- [Problem details]: Which of the lines in the listing that follows hold "ending"? Pull each one out.

- [Input]:
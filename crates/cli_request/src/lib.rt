// The account of a request, as it is told of an accepted one, read into the order that an administrator
// writes.
#![tactic(auto)]

pub mod refusals;
pub mod several;

ghost use Rattle.std.specs.Prelude.{◌≡◌, ◌≤◌, get_or, count_by, eqb, length};
ghost use Rattle.codes.specs.Codes.{short_at};
ghost use Rattle.cli_request.specs.Account.{line_over, kind_at, line_at, numbers_at, name_at, activation_of, activation_at, is_plain, sum_at, is_shown, are_shown, unshown, spaced, letters_at, credit_at, debit_at, payment_at, payments_at, head_at, terms_at, line_after, first_line, asked, headed, unread, body_at, message_at, account_in, line_of};

use codes::Code;
use request_read::terms::Activation;
use request_write::{Order, Payable, Side};

// How a value is spelled. Kept an enum of kinds: `Four` is no absence of digits.
#[derive(Clone, Copy)]
pub enum Spelling {
    // Just so many digits.
    Digits(usize),
    // Four of A-Z 0-9.
    Four,
}

// What a line is to say.
#[derive(Clone, Copy)]
pub enum Expected {
    SubType,
    Reference,
    Stream,
    Bin,
    Message,
    Date,
    Activation,
    Payment,
    Nothing,
}

#[derive(Clone, Copy)]
pub struct ToldHead {
    pub subtype: u64,
    pub reference: Code,
    pub stream: u64,
    pub bin: Code,
}

#[derive(Clone, Copy)]
pub struct ToldTerms {
    pub number: u64,
    pub count: u64,
    pub date: u64,
    pub activation: Activation,
}

// The first n lines are payments, where no more than ten are told. The account is read to its end, or to the line at a place
// that does not say what was expected.
#[derive(Clone, Copy)]
pub struct ToldPayments {
    pub payments: [Payable; 10],
    pub n: usize,
    pub ending: Result<(), (usize, Expected)>,
}

// The order is as far as the account was read: to its end, or to the line at a place that does not say what was expected.
#[derive(Clone, Copy)]
pub struct Account {
    pub order: Order,
    pub ending: Result<(), (usize, Expected)>,
}

// A line ends with a line feed, a CR before it or not, or with the account.
#[tactic(auto, unfolding(crate::specs::Account::line_over))]
pub fn line_over(s: &[u8], at: usize) -> Option<usize>
    ensures { result ≡ line_over s.now at }
{
    if s.len() <= at {
        return Some(at);
    }
    if s[at] == b'\n' {
        return Some(at + 1);
    }
    text_scan::lit(s, at, b"\r\n")
}

// A number, and the place past it.
#[tactic(auto, unfolding(crate::specs::Account::kind_at))]
fn read_kind(s: &[u8], at: usize, kind: Spelling) -> Option<(u64, usize)>
    ensures { result ≡ kind_at s.now at kind }
{
    match kind {
        Spelling::Digits(k) => { text_scan::number(s, at, k) }
        Spelling::Four => {
            let e = text_scan::code(s, at, 4)?;
            Some((codes::short_code(s, at), e))
        }
    }
}

// A line: its name, its value and its end.
#[tactic(auto, unfolding(crate::specs::Account::line_at))]
fn read_line(s: &[u8], at: usize, name: &[u8], kind: Spelling) -> Option<(u64, usize)>
    ensures { result ≡ line_at s.now at name.now kind }
{
    let a = text_scan::lit(s, at, name)?;
    let (v, b) = read_kind(s, a, kind)?;
    let c = line_over(s, b)?;
    Some((v, c))
}

// The line of a message's number and count, two digits each.
#[tactic(auto, unfolding(crate::specs::Account::numbers_at))]
fn read_numbers(s: &[u8], at: usize) -> Option<(u64, u64, usize)>
    ensures { result ≡ numbers_at s.now at }
{
    let a = text_scan::lit(s, at, b"message ")?;
    let (n, b) = text_scan::number(s, a, 2)?;
    let c = text_scan::lit(s, b, b"/")?;
    let (m, d) = read_line(s, c, b"", Spelling::Digits(2))?;
    Some((n, m, d))
}

// A line of a name of A-Z 0-9.
#[tactic(auto, using(crate::proofs::Laws::codes_past), unfolding(crate::specs::Account::name_at))]
fn read_name(s: &[u8], at: usize, name: &[u8], most: usize) -> Option<(Code, usize)>
    ensures { result ≡ name_at s.now at name.now most }
{
    let a = text_scan::lit(s, at, name)?;
    let b = text_scan::codes(s, a, most);
    let c = line_over(s, b)?;
    Some((codes::long_code(s, a, b - a), c))
}

// Of HHMM that is no time, a minute that no text can hold.
#[tactic(auto, unfolding(crate::specs::Account::activation_of))]
fn activation_of(hhmm: u64) -> Activation
    ensures { result ≡ activation_of hhmm }
{
    Activation::Minute(clock::minute_of(hhmm).unwrap_or(1_440))
}

#[tactic(auto, unfolding(crate::specs::Account::activation_at))]
fn read_activation(s: &[u8], at: usize) -> Option<(Activation, usize)>
    ensures { result ≡ activation_at s.now at }
{
    if let Some(a) = text_scan::lit(s, at, b"activation none") {
        let b = line_over(s, a)?;
        return Some((Activation::AtOnce, b));
    }
    let (v, c) = read_line(s, at, b"activation ", Spelling::Digits(4))?;
    Some((activation_of(v), c))
}

// 0 past the end.
fn byte(s: &[u8], at: usize) -> u8
    ensures { result ≡ get_or s.now at 0 }
{
    if at < s.len() { s[at] } else { 0 }
}

// Some digits, and no needless zero before them.
#[tactic(auto, unfolding(crate::specs::Account::is_plain))]
pub fn is_plain(s: &[u8], at: usize, end: usize) -> bool
    ensures { result ≡ is_plain s.now at end }
{
    at < end && (byte(s, at) != b'0' || end == at + 1)
}

// Cents, a space and a bank.
#[tactic(auto, unfolding(crate::specs::Account::sum_at))]
fn read_sum(s: &[u8], at: usize) -> Option<(u64, u64, usize)>
    ensures { result ≡ sum_at s.now at }
{
    let cents = text_scan::digits(s, at, 18);
    if !is_plain(s, at, cents.end) {
        return None;
    }
    let b = text_scan::lit(s, cents.end, b" ")?;
    let c = text_scan::code(s, b, 4)?;
    Some((cents.value, codes::short_code(s, b), c))
}

#[tactic(auto, unfolding(crate::specs::Account::is_shown))]
fn is_shown(b: u8) -> bool
    ensures { result ≡ is_shown b }
{
    b == b'-' || chars::is_letter(b)
}

#[tactic(auto, unfolding(crate::specs::Account::are_shown))]
fn are_shown(b: [u8; 4]) -> bool
    ensures { result ≡ are_shown b }
{
    is_shown(b[0]) && is_shown(b[1]) && is_shown(b[2]) && is_shown(b[3])
}

// A dash stands for a space.
#[tactic(auto, unfolding(crate::specs::Account::unshown))]
fn unshown(b: u8) -> u8
    ensures { result ≡ unshown b }
{
    if b == b'-' { b' ' } else { b }
}

// The number of four letters.
#[tactic(auto, unfolding(crate::specs::Account::spaced))]
fn spaced(b: [u8; 4]) -> u64
    ensures { result ≡ short_at (spaced b) 0 }
{
    let four = [unshown(b[0]), unshown(b[1]), unshown(b[2]), unshown(b[3])];
    codes::short_code(&four, 0)
}

// Four letters.
#[tactic(auto, unfolding(crate::specs::Account::letters_at))]
fn read_letters(s: &[u8], at: usize) -> Option<(u64, usize)>
    ensures { result ≡ letters_at s.now at }
{
    if s.len() < 4 || s.len() - 4 < at {
        return None;
    }
    let b = [s[at], s[at + 1], s[at + 2], s[at + 3]];
    if !are_shown(b) {
        return None;
    }
    Some((spaced(b), at + 4))
}

#[tactic(auto, unfolding(crate::specs::Account::credit_at))]
fn read_credit(s: &[u8], at: usize) -> Option<(Payable, usize)>
    ensures { result ≡ credit_at s.now at }
{
    let (cents, bank, a) = read_sum(s, at)?;
    let b = line_over(s, a)?;
    let side = Side::Credit;
    Some((Payable { side, cents, bank }, b))
}

#[tactic(auto, unfolding(crate::specs::Account::debit_at))]
fn read_debit(s: &[u8], at: usize) -> Option<(Payable, usize)>
    ensures { result ≡ debit_at s.now at }
{
    let (cents, bank, a) = read_sum(s, at)?;
    let b = text_scan::lit(s, a, b" ")?;
    let (letters, c) = read_letters(s, b)?;
    let d = line_over(s, c)?;
    let side = Side::Debit(letters);
    Some((Payable { side, cents, bank }, d))
}

#[tactic(auto, unfolding(crate::specs::Account::payment_at))]
fn read_payment(s: &[u8], at: usize) -> Option<(Payable, usize)>
    ensures { result ≡ payment_at s.now at }
{
    if let Some(a) = text_scan::lit(s, at, b"payment CR ") {
        return read_credit(s, a);
    }
    if let Some(a) = text_scan::lit(s, at, b"payment DR ") {
        return read_debit(s, a);
    }
    None
}

// An eleventh payment is counted and not kept: no text can hold it.
fn read_payments(s: &[u8], at: usize) -> ToldPayments
    ensures { result ≡ payments_at s.now at }
{
    let none = Payable {
        side: Side::Credit,
        cents: 0,
        bank: 0,
    };
    let mut payments = [none; 10];
    let mut here = at;
    for n in 0..10 {
        if s.len() <= here {
            return ToldPayments {
                payments,
                n,
                ending: Ok(()),
            };
        }
        match read_payment(s, here) {
            None => {
                return ToldPayments {
                    payments,
                    n,
                    ending: Err((here, Expected::Payment)),
                };
            }
            Some((p, next)) => {
                payments[n] = p;
                here = next;
            }
        }
    }
    if s.len() <= here {
        return ToldPayments {
            payments,
            n: 10,
            ending: Ok(()),
        };
    }
    match read_payment(s, here) {
        None => ToldPayments {
            payments,
            n: 10,
            ending: Err((here, Expected::Payment)),
        },
        Some(_) => ToldPayments {
            payments,
            n: 11,
            ending: Ok(()),
        },
    }
}

// The head, and the place past it; or the place of the line that does not say what was expected, and what that was.
#[tactic(auto, unfolding(crate::specs::Account::head_at))]
fn read_head(s: &[u8], at: usize) -> Result<(ToldHead, usize), (usize, Expected)>
    ensures { result ≡ head_at s.now at }
{
    let (subtype, a) = read_line(s, at, b"accepted ", Spelling::Digits(3)).ok_or((
        at,
        Expected::SubType,
    ))?;
    let (reference, b) = read_name(s, a, b"reference ", 16).ok_or((a, Expected::Reference))?;
    let (stream, c) = read_line(s, b, b"stream ", Spelling::Four).ok_or((b, Expected::Stream))?;
    let (bin, d) = read_name(s, c, b"bin ", 8).ok_or((c, Expected::Bin))?;
    let head = ToldHead {
        subtype,
        reference,
        stream,
        bin,
    };
    Ok((head, d))
}

// The terms of a 131, and the place past them; or what was expected, likewise.
#[tactic(auto, unfolding(crate::specs::Account::terms_at))]
fn read_terms(s: &[u8], at: usize) -> Result<(ToldTerms, usize), (usize, Expected)>
    ensures { result ≡ terms_at s.now at }
{
    let (number, count, a) = read_numbers(s, at).ok_or((at, Expected::Message))?;
    let (date, b) = read_line(s, a, b"date ", Spelling::Digits(6)).ok_or((a, Expected::Date))?;
    let (activation, c) = read_activation(s, b).ok_or((b, Expected::Activation))?;
    let terms = ToldTerms {
        number,
        count,
        date,
        activation,
    };
    Ok((terms, c))
}

// Where the next line begins.
fn line_after(s: &[u8], at: usize) -> usize
    ensures { result ≡ line_after s.now at }
{
    for i in at..s.len() {
        if s[i] == b'\n' {
            return i + 1;
        }
    }
    at.max(s.len())
}

// A line that names the file may come first.
#[tactic(auto, unfolding(crate::specs::Account::first_line))]
pub fn first_line(s: &[u8]) -> usize
    ensures { result ≡ first_line s.now }
{
    match text_scan::lit(s, 0, b"file ") {
        Some(a) => line_after(s, a),
        None => 0,
    }
}

#[tactic(auto, unfolding(crate::specs::Account::asked))]
fn asked(h: ToldHead, t: ToldTerms, p: ToldPayments) -> Account
    ensures { result ≡ asked h t p }
{
    let payments = p.payments;
    let order = Order {
        subtype: h.subtype,
        reference: h.reference,
        stream: h.stream,
        bin: h.bin,
        number: t.number,
        count: t.count,
        date: t.date,
        activation: t.activation,
        payments,
        n: p.n,
    };
    Account {
        order,
        ending: p.ending,
    }
}

// The head alone.
#[tactic(auto, unfolding(crate::specs::Account::headed))]
fn headed(h: ToldHead, ending: Result<(), (usize, Expected)>) -> Account
    ensures { result ≡ headed h ending }
{
    let none = Payable {
        side: Side::Credit,
        cents: 0,
        bank: 0,
    };
    let terms = ToldTerms {
        number: 0,
        count: 0,
        date: 0,
        activation: Activation::AtOnce,
    };
    asked(
        h,
        terms,
        ToldPayments {
            payments: [none; 10],
            n: 0,
            ending,
        },
    )
}

#[tactic(auto, unfolding(crate::specs::Account::unread))]
fn unread(at: usize, expected: Expected) -> Account
    ensures { result ≡ unread at expected }
{
    let none = Code::nothing();
    let head = ToldHead {
        subtype: 0,
        reference: none,
        stream: 0,
        bin: none,
    };
    headed(head, Err((at, expected)))
}

// What follows the head of a 131.
#[tactic(auto, unfolding(crate::specs::Account::message_at))]
fn read_message(s: &[u8], at: usize, head: ToldHead) -> Account
    ensures { result ≡ message_at s.now at head }
{
    match read_terms(s, at) {
        Err(unread) => headed(head, Err(unread)),
        Ok((terms, next)) => asked(head, terms, read_payments(s, next)),
    }
}

// A recall ends after its head; what follows another sub type is not read, since the writer refuses it.
#[tactic(auto, unfolding(crate::specs::Account::body_at))]
fn read_body(s: &[u8], at: usize, head: ToldHead) -> Account
    ensures { result ≡ body_at s.now at head }
{
    if head.subtype == 131 {
        return read_message(s, at, head);
    }
    if head.subtype == 133 && at < s.len() {
        return headed(head, Err((at, Expected::Nothing)));
    }
    headed(head, Ok(()))
}

// The order that an account asks for.
#[tactic(auto, unfolding(crate::specs::Account::account_in))]
pub fn read_account(s: &[u8]) -> Account
    ensures { result ≡ account_in s.now }
{
    match read_head(s, first_line(s)) {
        Err((at, expected)) => unread(at, expected),
        Ok((head, at)) => read_body(s, at, head),
    }
}

// How many lines end.
fn feeds(s: &[u8]) -> usize
    ensures value { result ≡ count_by (λ b. eqb b 10) s.now }
    ensures small { result ≤ length s.now }
{
    s.iter().filter(|b| **b == b'\n').count()
}

// The number of the line at a place, from 1.
pub fn line_of(s: &[u8], at: usize) -> usize
    ensures { result ≡ line_of s.now at }
{
    1 + feeds(&s[..at.min(s.len())])
}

- [Response to the task]:
    pub ending: Result<(), (usize, Expected)>,
    pub ending: Result<(), (usize, Expected)>,
                ending: Ok(()),
                    ending: Err((here, Expected::Payment)),
            ending: Ok(()),
            ending: Err((here, Expected::Payment)),
            ending: Ok(()),
        ending: p.ending,
fn headed(h: ToldHead, ending: Result<(), (usize, Expected)>) -> Account
    ensures { result ≡ headed h ending }
            ending,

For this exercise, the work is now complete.